There is, however, a time-lag here. Even at this point (where some have to cut their prices and profits) there are still new entrants into the industry because some latecomers started producing before or as soon as the profits began to fall--or even somewhat after they began to fall. So the supply is increasing at this lower profit margin, which forces lower and lower profit margins if everything is to be sold; and eventually, the price drops to the cost of production, with no profit at all.
But then, of course, there's no advantage, and no sense, in producing the product.
Therefore, shortly before this point, the smart manufacturers have taken their money out of the industry and moved it somewhere else that makes high profits; and the rest follow suit, but not soon enough that they don't take a loss from selling things below the cost of production--because after all, they have money invested in plant and equipment, and you can't just let that go. But either they go bankrupt or they get out of the industry licking their wounds.

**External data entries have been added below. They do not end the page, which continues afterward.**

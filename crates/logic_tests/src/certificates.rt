// Linear certificates: sequents that arise in proofs, what is near them, and each rule and bound.
// A row has hypotheses and last the goal, each with its operators after their operands; names are
// variables, and N's and R's are numbers, T's and U's truth values and A's lists.
use base_kit::{Memory, Text};
use linear_facts::closes;
use sqlite_items::{Boxed, Items};
use std::alloc::Global;
use std::test::Fail;
use term_core::{Oper, Sequent, Sort, Term, Terms, Var, Vars};

// Operators: the word, and how many operands.
const OPERATORS: &[(&str, Oper, usize)] = &[
    ("+", Oper::Add, 2),
    ("-", Oper::Sub, 2),
    ("*", Oper::Mul, 2),
    ("/", Oper::Div, 2),
    ("neg", Oper::Neg, 1),
    ("=", Oper::Eq, 2),
    ("<", Oper::Lt, 2),
    ("<=", Oper::Le, 2),
    (">", Oper::Gt, 2),
    (">=", Oper::Ge, 2),
    ("and", Oper::And, 2),
    ("not", Oper::Not, 1),
    ("of", Oper::Select, 2),
    ("store", Oper::Store, 3),
    ("LEN", Oper::User(0), 1),
    ("APPEND", Oper::User(1), 2),
];

fn text(alloc: Global, bytes: &str) -> Result<Text, Memory> {
    Ok(Text::from(bytes.as_bytes().to_vec(alloc)?))
}

fn operator(word: &str) -> Option<(Oper, usize)> {
    for (name, oper, count) in OPERATORS {
        if *name == word {
            return Some((*oper, *count));
        }
    }
    None
}

fn leaf(alloc: Global, word: &str) -> Result<Term, Memory> {
    match word.parse::<i128>() {
        Ok(value) => Ok(Term::Int(value)),
        Err(_) => match word {
            "true" => Ok(Term::Truth(true)),
            "false" => Ok(Term::Truth(false)),
            _ => Ok(Term::Var(text(alloc, word)?)),
        },
    }
}

// The operator over the last terms of the stack.
fn apply(alloc: Global, stack: &mut Vec<Term>, oper: Oper, count: usize) -> Result<(), Memory> {
    let mut operands = Vec::new(alloc);
    for _ in 0..count {
        if let Some(term) = stack.pop() {
            operands.push(term)?;
        }
    }
    operands.reverse();
    stack.push(Term::Op(oper, Items::from_vec(operands)))?;
    Ok(())
}

fn term(alloc: Global, words: &str) -> Result<Term, Memory> {
    let mut stack = Vec::new(alloc);
    for word in words.split_whitespace() {
        match operator(word) {
            Some((oper, count)) => apply(alloc, &mut stack, oper, count)?,
            None => stack.push(leaf(alloc, word)?)?,
        }
    }
    Ok(stack.pop().unwrap_or(Term::Truth(false)))
}

fn sort(alloc: Global, name: &str) -> Result<Sort, Memory> {
    Ok(match name {
        "T" => Sort::Truth,
        "U" => Sort::Truth,
        "A" => Sort::Array(1, 10, Boxed::new(alloc, Sort::Whole)?),
        "R" => Sort::Range(0, 9),
        _ => Sort::Whole,
    })
}

const NAMES: &[&str] = &["K", "I", "N", "R", "S", "T", "U", "A", "X", "Y"];

fn variable(alloc: Global, name: &str) -> Result<Var, Memory> {
    let label = text(alloc, name)?;
    let sort = sort(alloc, name)?;
    let name = text(alloc, name)?;
    Ok(Var { name, label, sort })
}

fn variables(alloc: Global) -> Result<Vars, Memory> {
    let mut vars = Vars::new(alloc);
    for name in NAMES {
        vars.push(variable(alloc, name)?)?;
    }
    Ok(vars)
}

fn terms(alloc: Global, row: &str) -> Result<Terms, Memory> {
    let mut terms = Terms::new(alloc);
    for words in row.split(',') {
        terms.push(term(alloc, words)?)?;
    }
    Ok(terms)
}

fn sequent(alloc: Global, row: &str) -> Result<Sequent, Memory> {
    let vars = variables(alloc)?;
    let mut hyps = terms(alloc, row)?;
    let goal = hyps.pop().unwrap_or(Term::Truth(false));
    Ok(Sequent { vars, hyps, goal })
}

fn row_closes(alloc: Global, row: &str, coeffs: &[i64]) -> Result<bool, Memory> {
    Ok(closes(&sequent(alloc, row)?, coeffs))
}

// A row, its coefficients, and whether they close it.
type Row = (&'static str, &'static [i64], bool);

// The number of the first row that is wrong.
fn first_wrong(alloc: Global, rows: &[Row]) -> Option<usize> {
    rows.iter().position(|(row, coeffs, want)| row_closes(alloc, row, coeffs) != Ok(*want))
}

// ---- steps of proofs

const STEPS: &[Row] = &[
    // X + 1 stays within INTEGER where X isn't its last number.
    (
        "-2147483648 X 1 + <= X 1 + 2147483647 <= and not, -2147483648 X <= X 2147483647 <= and, -2147483648 X <=, X 2147483647 <=, 2147483647 X <= not, -2147483648 X 1 + <=",
        &[1, 0, 0, 1],
        true,
    ),
    (
        "-2147483648 X 1 + <= X 1 + 2147483647 <= and not, -2147483648 X <= X 2147483647 <= and, -2147483648 X <=, X 2147483647 <=, 2147483647 X <= not, X 1 + 2147483647 <=",
        &[1, 0, 0, 0, 0, 1],
        true,
    ),
    // A search in a list, which has come to its last index, or not yet.
    (
        "1 I <= I 10 <= and, T, A I of X = not, I 10 =, 1 K <= K 10 <= and, K I = not, 1 K <=, K 10 <=, K I 1 - <= not, K I <=",
        &[1, 0, 0, 0, -1, 0, 0, 0, 1],
        true,
    ),
    (
        "1 I <= I 10 <= and, T, A I of X = not, I 10 =, 1 K <= K 10 <= and, K I = not, 1 K <=, K 10 <=, K I 1 - <= not, I K <=",
        &[1, 0, 0, 0, 0, 0, 0, 0, 0, 1],
        true,
    ),
    (
        "1 I <= I 10 <= and, T, A I of X = not, I 10 = not, 1 K <= K I 1 + 1 - <= and, K I = not, 1 K <=, K I 1 + 1 - <=, K I 1 - <= not, K I <=",
        &[1, 0, 0, 0, 0, 0, 0, 0, 1],
        true,
    ),
    // A count down to 0.
    (
        "N 0 >, T, 0 N <= N 2147483647 <= and, 0 N <=, N 2147483647 <=, -2147483648 N 1 - <=",
        &[1, 0, 0, 0, 1],
        true,
    ),
    (
        "N 0 >, T, 0 N <= N 2147483647 <= and, 0 N <=, N 2147483647 <=, N 1 - 2147483647 <=",
        &[1, 0, 0, 0, 0, 1],
        true,
    ),
    ("N 0 >, T, T, 0 N 1 - <=", &[1, 1], true),
    ("N 0 > not, 0 N <=, N 2147483647 <=, N 0 <=", &[1, 1], true),
    // The length of two lists, one after the other.
    (
        "S T APPEND LEN S LEN T LEN + =, 1 S T APPEND LEN + 1 S LEN + T LEN + <=",
        &[1, 1],
        true,
    ),
    (
        "S T APPEND LEN S LEN T LEN + =, 1 S LEN + T LEN + 1 S T APPEND LEN + <=",
        &[1, -1],
        true,
    ),
];

#[test]
fn steps_of_proofs_close(rt: HostRuntime) {
    assert_eq!(rt; first_wrong(rt.alloc(), STEPS), None);
}

// ---- near misses: one weight is greater or less by one

fn with_more(alloc: Global, coeffs: &[i64], at: usize, more: i64) -> Result<Vec<i64>, Memory> {
    let mut others = Vec::new(alloc);
    for (i, coefficient) in coeffs.iter().enumerate() {
        let added = if i == at { more } else { 0 };
        others.push(coefficient.saturating_add(added))?;
    }
    Ok(others)
}

// Whether the sequent is closed with so much more at one place.
fn misses(
    alloc: Global,
    sequent: &Sequent,
    coeffs: &[i64],
    at: usize,
    more: i64,
) -> Result<bool, Memory> {
    Ok(!closes(sequent, with_more(alloc, coeffs, at, more)?.as_slice()))
}

// Whether none of a row's near misses closes it.
fn all_miss(alloc: Global, sequent: &Sequent, coeffs: &[i64]) -> Result<bool, Memory> {
    for at in 0..coeffs.len() {
        let is_less = misses(alloc, sequent, coeffs, at, -1)?;
        if !is_less || !misses(alloc, sequent, coeffs, at, 1)? {
            return Ok(false);
        }
    }
    Ok(true)
}

fn has_no_near_miss(alloc: Global, row: &Row) -> Result<bool, Memory> {
    let (words, coeffs, _) = *row;
    let sequent = sequent(alloc, words)?;
    all_miss(alloc, &sequent, coeffs)
}

// The number of the first row with a near miss that closes.
fn first_missed(alloc: Global, rows: &[Row]) -> Option<usize> {
    rows.iter()
        .position(|row| has_no_near_miss(alloc, row) != Ok(true))
}

#[test]
fn near_misses_do_not_close(rt: HostRuntime) {
    assert_eq!(rt; first_missed(rt.alloc(), STEPS), None);
}

// ---- the rules

const RULES: &[Row] = &[
    // The constant is above 0, and `<` has its one.
    ("X 0 <=, X 1 >=, false", &[0, 1, 1], true),
    ("X 0 <=, X 0 >=, false", &[0, 1, 1], false),
    ("X Y <, Y X <=, false", &[0, 1, 1], true),
    ("X Y <=, Y X <=, false", &[0, 1, 1], false),
    ("X Y <= not, X Y <=, false", &[0, 1, 1], true),
    ("X Y < not, X Y <, false", &[0, 1, 1], true),
    ("X Y > not, X Y >, false", &[0, 1, 1], true),
    ("X Y >= not, X Y >=, false", &[0, 1, 1], true),
    // No coefficient below 0 on a comparison; an equation's counts with its sign.
    ("X 0 <=, X 1 <=, false", &[0, 1, -1], false),
    ("X 0 =, X 1 =, false", &[0, 1, -1], true),
    ("X 0 =, X 1 =, false", &[0, -1, 1], false),
    // Missing coefficients are 0, and those beyond the hypotheses must be.
    ("X 0 <=, X 1 >=, Y 0 <=, false", &[0, 1, 1], true),
    ("X 0 <=, X 1 >=, false", &[0, 1, 1, 0, 0], true),
    ("X 0 <=, X 1 >=, false", &[0, 1, 1, 1], false),
    ("X 0 <=, X 0 <=", &[], false),
    // The first coefficient weighs the goal's negation.
    ("X Y <=, X Y <=", &[1, 1], true),
    ("X Y <, X Y <", &[1, 1], true),
    ("X Y >, X Y >=", &[1, 1], true),
    ("X Y <=, Y X < not", &[1, 1], true),
    ("X Y <, Y X <= not", &[1, 1], true),
    ("X Y <, X Y < not not", &[1, 1], false),
    ("X Y =, X Y =", &[1, 1], false),
    ("X Y =, X Y >=", &[1, -1], true),
    ("X Y =, X Y >=", &[1, 1], false),
    ("X 0 <=, X 1 >=, T", &[0, 1, 1], true),
    ("X 0 <=, X 1 >=, T", &[1, 1, 1], false),
    // Hypotheses that give no fact.
    ("T, X 0 <=, X 1 >=, false", &[0, 1, 1, 1], false),
    ("X X = not, X 0 <=, X 1 >=, false", &[0, 1, 1, 1], false),
    ("X Y < not not, X Y >=, false", &[0, 1, 1], false),
    // Equations of numbers, and others.
    ("X X =, X 0 <=, X 1 >=, false", &[0, 7, 1, 1], true),
    ("R R =, X 0 <=, X 1 >=, false", &[0, 7, 1, 1], true),
    (
        "A 1 of A 1 of =, X 0 <=, X 1 >=, false",
        &[0, 7, 1, 1],
        true,
    ),
    ("S LEN S LEN =, X 0 <=, X 1 >=, false", &[0, 7, 1, 1], true),
    ("T T =, X 0 <=, X 1 >=, false", &[0, 7, 1, 1], false),
    ("A A =, X 0 <=, X 1 >=, false", &[0, 7, 1, 1], false),
    ("Z Z =, X 0 <=, X 1 >=, false", &[0, 7, 1, 1], false),
    ("true true =, X 0 <=, X 1 >=, false", &[0, 7, 1, 1], false),
    ("T not T not =, X 0 <=, X 1 >=, false", &[0, 7, 1, 1], false),
    ("X Y = X Y = =, X 0 <=, X 1 >=, false", &[0, 7, 1, 1], false),
    (
        "A 1 X store A 1 X store =, X 0 <=, X 1 >=, false",
        &[0, 7, 1, 1],
        false,
    ),
    // Sums, and atoms.
    ("X X + 0 <=, X 2 * 1 >=, false", &[0, 1, 1], true),
    ("X neg 0 <=, X 1 + 0 <=, false", &[0, 1, 1], true),
    ("X Y - 0 <=, X Y - 1 >=, false", &[0, 1, 1], true),
    ("3 4 * 12 <, false", &[0, 1], true),
    ("2 X * 3 * 0 <=, X 6 * 1 >=, false", &[0, 1, 1], true),
    ("X Y * 0 <=, X Y * 1 >=, false", &[0, 1, 1], true),
    ("X Y * 0 <=, Y X * 1 >=, false", &[0, 1, 1], false),
    ("X 2 neg * 0 <=, X 2 neg * 1 >=, false", &[0, 1, 1], true),
    ("X 2 neg * 0 <=, X -2 * 1 >=, false", &[0, 1, 1], false),
    ("X 2 / 0 <=, X 2 / 1 >=, false", &[0, 1, 1], true),
    ("A 1 of 0 <=, A 1 of 1 >=, false", &[0, 1, 1], true),
    ("A 1 of 0 <=, A 2 of 1 >=, false", &[0, 1, 1], false),
    ("true 0 <=, true 1 >=, false", &[0, 1, 1], true),
];

#[test]
fn rules_on_coefficients_are_kept(rt: HostRuntime) {
    assert_eq!(rt; first_wrong(rt.alloc(), RULES), None);
}

// ---- the bounds, met and passed by one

While they're doing this, of course, the supply is decreasing, until it reaches a point where the demand is greater than the supply--which now means that the few poor fools who couldn't get out while the getting was good can now begin to charge higher prices and make a profit again. And given the time lag, the supply still decreases for a while, making profits rise higher and higher until it becomes an attractive industry to invest in once more, and the cycle begins da capo.
The turning-point of this, Marx reasoned, was the cost of production; so the price as determined by supply and demand will always hover around the cost of production, moving above and below it; so it is the cost of production, for Marx, which is the real "equilibrium price" (using "equilibrium" in the sense in which we used it in describing "biological equilibrium" in Chapter 2 of Section 1 of the third part 3.1.2--a point around which things fluctuate), even though the product probably never sells for exactly that price, or if it does so, it does so only briefly on the way up over it or down below it.
But now into this comes the "abstract human labor" and "exploitation of the worker." You see, the manufacturer has three groups of costs: labor, materials, and plant-and-equipment (what we now call "capital"). He has to buy the materials and the building and heat and so on from suppliers. But in a capitalist economy, he can't haggle with these suppliers and has to take the market price for what they sell, which of course hovers around their cost of production. Hence, the only thing the manufacturer has any real control of if he wants to cut costs is the wages he offers the laborers and the number of laborers he hires. So as far as he's concerned, he has a fixed lump of cost (the "capital") he can't do anything about, and so if he wants to make a profit, he has to cut labor costs. And what this amounts to is that he has to see to it that what he pays each laborer is less than what the laborer's work allows him to sell the finished product for. Hence, his profit comes from "exploiting" the laborer: paying him less than what he gets out of him.
That is, the "exchange value" of the product is the amount of human labor embodied in it. If the capitalist pays the laborer what is equal to the value of his labor, then the exchange value of his product (which in the long run shows up as the selling price) is the labor embodied in his materials and plant-and-equipment plus the labor of the workers, and there is nothing left over for the capitalist. So the capitalist has to figure out a way to pay the workers less than the value of their labor, because he can't save on the materials and overhead, since the market determines their cost.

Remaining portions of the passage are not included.